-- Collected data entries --
▽

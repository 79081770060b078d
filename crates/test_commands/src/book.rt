//! A file of examples, read line by line.

use crate::command::{Answer, Command, files_of};
use crate::layout::{Layout, find};
use crate::numbers::Numbers;
use crate::wanted::Wanted;
use asm_object::{AsmFault, assemble};
use ld_base::Name;
use std::alloc::{AllocError, Global};
use std::rt::Files;
use std::sync::Wait;
use std::thread::Threads;
use test_file::{Fault, Report, bytes_at, without_remark};

/// What the lines belong to.
#[derive(Clone, Copy)]
enum Part {
    /// No example has begun.
    Head,
    Example,
    Rows,
}

/// Which bytes a line of bytes goes on with.
#[derive(Clone, Copy)]
enum Growing {
    Nothing,
    Stock,
    File,
}

/// A file of examples, as far as it is read.
#[derive(Drop)]
pub struct Book<'a> {
    alloc: Global,
    path: &'a str,
    numbers: Numbers,
    stocks: Vec<Layout>,
    part: Part,
    growing: Growing,
    /// The lines of assembler source with which the bytes go on, as far as they are read.
    source: String,
    /// The line at which the example begins.
    first: usize,
    /// Whether the table has a row.
    has_row: bool,
    command: Command,
    wanted: Wanted,
    report: Report,
}

impl<'a> Book<'a> {
    pub fn new(alloc: Global, path: &'a str) -> Result<Self, AllocError> {
        Ok(Book {
            alloc,
            path,
            numbers: Numbers::new(alloc),
            stocks: Vec::new(alloc),
            part: Part::Head,
            growing: Growing::Nothing,
            source: String::new(alloc),
            first: 0,
            has_row: false,
            command: Command::new(alloc)?,
            wanted: Wanted::new(alloc),
            report: Report::new(alloc),
        })
    }

    /// Reads all lines, runs the examples, and says which of them don't hold.
    pub fn read<R: Files + Threads + Wait + Sync + Clone + Drop + Send>(
        mut self,
        rt: &R,
        text: &str,
    ) -> Result<String, AllocError> {
        for (index, line) in text.lines().enumerate() {
            self.read_line(rt, index.saturating_add(1), line.trim())?;
        }
        self.end_example(rt)?;
        let Book { report, path, .. } = self;
        report.close(path)
    }

    fn read_line<R: Files + Threads + Wait + Sync + Clone + Drop + Send>(
        &mut self,
        rt: &R,
        number: usize,
        line: &str,
    ) -> Result<(), AllocError> {
        match self.follow(rt, number, line) {
            Ok(()) => Ok(()),
            Err(Fault::Unclear) => self.report.is_unclear(self.path, number),
            Err(Fault::Memory) => Err(AllocError),
        }
    }

    /// Does what a line says.
    fn follow<R: Files + Threads + Wait + Sync + Clone + Drop + Send>(
        &mut self,
        rt: &R,
        number: usize,
        line: &str,
    ) -> Result<(), Fault> {
        let (word, rest) = line.split_once(' ').unwrap_or((line, ""));
        if word == ">" {
            return self.push_source(rest);
        }
        self.end_source()?;
        match (self.part, word) {
            (_, "example") => self.begin(rt, number, Part::Example)?,
            (_, "rows") => self.begin(rt, number, Part::Rows)?,
            (Part::Head, "$" | "|" | "status" | "fails" | "file" | "gives") => {
                return Err(Fault::Unclear);
            }
            (_, "$") => self.command.words = Name::new(self.alloc, rest.as_bytes())?,
            (_, "|") => self.wanted.push_line(rest)?,
            (_, "load") => self.load(rt, without_remark(rest))?,
            _ => self.follow_data(rt, number, without_remark(line))?,
        }
        Ok(())
    }

    /// Does what a line without an example's text says.
    fn follow_data<R: Threads + Wait + Sync>(
        &mut self,
        rt: &R,
        number: usize,
        line: &str,
    ) -> Result<(), Fault> {
        match (self.part, line.split_once("=>")) {
            (Part::Rows, Some((changes, words))) => self.row(rt, number, changes, words),
            _ => self.lay_out(line),
        }
    }

    /// Runs the example that ends here, and begins what begins at a line.
    fn begin<R: Threads + Wait + Sync>(
        &mut self,
        rt: &R,
        number: usize,
        part: Part,
    ) -> Result<(), AllocError> {
        self.end_example(rt)?;
        self.part = part;
        self.growing = Growing::Nothing;
        self.first = number;
        self.has_row = false;
        self.command = Command::new(self.alloc)?;
        self.wanted = Wanted::new(self.alloc);
        Ok(())
    }

    fn end_example<R: Threads + Wait + Sync>(&mut self, rt: &R) -> Result<(), AllocError> {
        match self.part {
            Part::Example => {
                let files = files_of(self.alloc, self.command.files.as_slice())?;
                let answer = self.command.run(rt, self.alloc, files)?;
                let holds = self.wanted.is_all_of(&answer);
                self.tell(holds, self.first, &answer)?;
                self.judge(rt, &answer)
            }
            Part::Rows if !self.has_row => self.report.is_unclear(self.path, self.first),
            Part::Rows | Part::Head => Ok(()),
        }
    }

    /// Has the history of the example's run judged, if it made one: it is legal, each of its events.
    fn judge<R: Threads + Wait + Sync>(
        &mut self,
        rt: &R,
        answer: &Answer,
    ) -> Result<(), AllocError> {
        match self.command.judge(rt, self.alloc, answer)? {
            Some(judged) => self.tell(judged.is_legal, self.first, &judged.answer),
            None => Ok(()),
        }
    }

    /// Says of the example at a line whether it holds, and where it doesn't, what it gives.
    fn tell(&mut self, holds: bool, line: usize, answer: &Answer) -> Result<(), AllocError> {
        if holds {
            self.report.holds();
            return Ok(());
        }
        let status = answer.status;
        let gives = format!(in self.alloc; "{status} and")?;
        self.report.differs(self.path, line, gives.as_str())?;
        let text = str::from_utf8(answer.text.as_slice()).unwrap_or("bytes that are no text");
        self.report.show(text)
    }

    /// Runs a row, once for each number of its range where it has one.
    fn row<R: Threads + Wait + Sync>(
        &mut self,
        rt: &R,
        number: usize,
        changes: &str,
        words: &str,
    ) -> Result<(), Fault> {
        self.has_row = true;
        let wanted = self.wanted.of_row(self.alloc, words, &self.numbers)?;
        let (first, end) = self.range_in(changes).unwrap_or((0, 1));
        for turn in first..end {
            self.numbers.choose(turn);
            let answer = self.changed(rt, changes)?;
            let holds = wanted.is_last_of(&answer);
            self.tell(holds, number, &answer)?;
        }
        Ok(())
    }

    /// The range among the words of a row.
    fn range_in(&self, changes: &str) -> Option<(u64, u64)> {
        for word in changes.split_whitespace() {
            if let Some(range) = self.numbers.range(word) {
                return Some(range);
            }
        }
        None
    }

    /// What the table's command comes to where its last file has these changes.
    fn changed<R: Threads + Wait + Sync>(&self, rt: &R, changes: &str) -> Result<Answer, Fault> {
        let (last, others) = self
            .command
            .files
            .as_slice()
            .split_last()
            .ok_or(Fault::Unclear)?;
        let mut last = last.copy(self.alloc)?;
        last.write(changes, self.stocks.as_slice(), &self.numbers)?;
        let mut files = files_of(self.alloc, others)?;
        files.push(last.to_file(self.alloc)?)?;
        Ok(self.command.run(rt, self.alloc, files)?)
    }

    /// Names a number, says what fails or which status is wanted, begins bytes or goes on with them.
    fn lay_out(&mut self, line: &str) -> Result<(), Fault> {
        let (word, rest) = line.split_once(' ').unwrap_or((line, ""));
        match word {
            "" => Ok(()),
            "number" => self.name_number(rest),
            "status" => self.want_status(rest),
            "fails" => self.fail(rest),
            "gives" => self.want_bytes(rest),
            "stock" | "file" => self.begin_bytes(word, rest),
            _ => self.write(line),
        }
    }

    fn name_number(&mut self, rest: &str) -> Result<(), Fault> {
        let (name, value) = rest.split_once(' ').ok_or(Fault::Unclear)?;
        let value = self.numbers.read(value.trim()).ok_or(Fault::Unclear)?;
        self.numbers.add(self.alloc, name, value)?;
        Ok(())
    }

    fn want_status(&mut self, rest: &str) -> Result<(), Fault> {
        self.wanted.status = Some(self.numbers.read(rest).ok_or(Fault::Unclear)?);
        Ok(())
    }

    /// What is written are the bytes of a stock.
    fn want_bytes(&mut self, name: &str) -> Result<(), Fault> {
        let stock = find(self.stocks.as_slice(), name)?;
        self.wanted.bytes = Some(stock.bytes().to_vec(self.alloc)?);
        Ok(())
    }

    fn fail(&mut self, rest: &str) -> Result<(), Fault> {
        let (call, number) = rest.split_once(' ').ok_or(Fault::Unclear)?;
        let number = self.numbers.read(number).ok_or(Fault::Unclear)?;
        match call {
            "read" => self.command.failing_reads.push(number)?,
            "write" => self.command.failing_writes.push(number)?,
            _ => return Err(Fault::Unclear),
        }
        Ok(())
    }

    fn begin_bytes(&mut self, kind: &str, rest: &str) -> Result<(), Fault> {
        let (name, bytes) = rest.split_once(' ').unwrap_or((rest, ""));
        let layout = Layout::new(self.alloc, name)?;
        if kind == "stock" {
            self.stocks.push(layout)?;
            self.growing = Growing::Stock;
        } else {
            self.command.files.push(layout)?;
            self.growing = Growing::File;
        }
        self.write(bytes)
    }

    /// One more line of assembler source.
    fn push_source(&mut self, line: &str) -> Result<(), Fault> {
        self.source.push_str(line)?;
        self.source.push_str("\n")?;
        Ok(())
    }

    /// Goes on with the object that the lines of source denote, where there are some.
    fn end_source(&mut self) -> Result<(), Fault> {
        if self.source.is_empty() {
            return Ok(());
        }
        let object = assemble(self.alloc, self.source.as_bytes());
        self.source.clear();
        match object {
            Ok(bytes) => self.put(&bytes),
            Err(AsmFault::At(_, _)) => Err(Fault::Unclear),
            Err(AsmFault::Memory) => Err(Fault::Memory),
        }
    }

    /// Takes the bytes that the last line of bytes was about.
    fn take_last(&mut self) -> Option<Layout> {
        match self.growing {
            Growing::Nothing => None,
            Growing::Stock => self.stocks.pop(),
            Growing::File => self.command.files.pop(),
        }
    }

    /// Puts them back.
    fn put_back(&mut self, layout: Layout) -> Result<(), AllocError> {
        match self.growing {
            Growing::File => self.command.files.push(layout)?,
            Growing::Nothing | Growing::Stock => self.stocks.push(layout)?,
        }
        Ok(())
    }

    /// Goes on with these bytes.
    fn put(&mut self, bytes: &[u8]) -> Result<(), Fault> {
        let mut layout = self.take_last().ok_or(Fault::Unclear)?;
        let put = layout.put(bytes);
        self.put_back(layout)?;
        Ok(put?)
    }

    /// Goes on with the bytes of a file that lies beside the book.
    fn load<R: Files + Clone + Drop + Send>(&mut self, rt: &R, path: &str) -> Result<(), Fault> {
        let bytes = bytes_at(rt, self.alloc, path)?.ok_or(Fault::Unclear)?;
        self.put(bytes.as_slice())
    }

    /// Goes on with the bytes that the last line of bytes was about.
    fn write(&mut self, bytes: &str) -> Result<(), Fault> {
        let mut layout = self.take_last().ok_or(Fault::Unclear)?;
        let written = layout.write(bytes, self.stocks.as_slice(), &self.numbers);
        self.put_back(layout)?;
        written
    }
}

△

-- Work instructions --
Find and copy each line above that includes the string "stocks".

-- Reply --
    stocks: Vec<Layout>,
            stocks: Vec::new(alloc),
        last.write(changes, self.stocks.as_slice(), &self.numbers)?;
        let stock = find(self.stocks.as_slice(), name)?;
            self.stocks.push(layout)?;
            Growing::Stock => self.stocks.pop(),
            Growing::Nothing | Growing::Stock => self.stocks.push(layout)?,
        let written = layout.write(bytes, self.stocks.as_slice(), &self.numbers);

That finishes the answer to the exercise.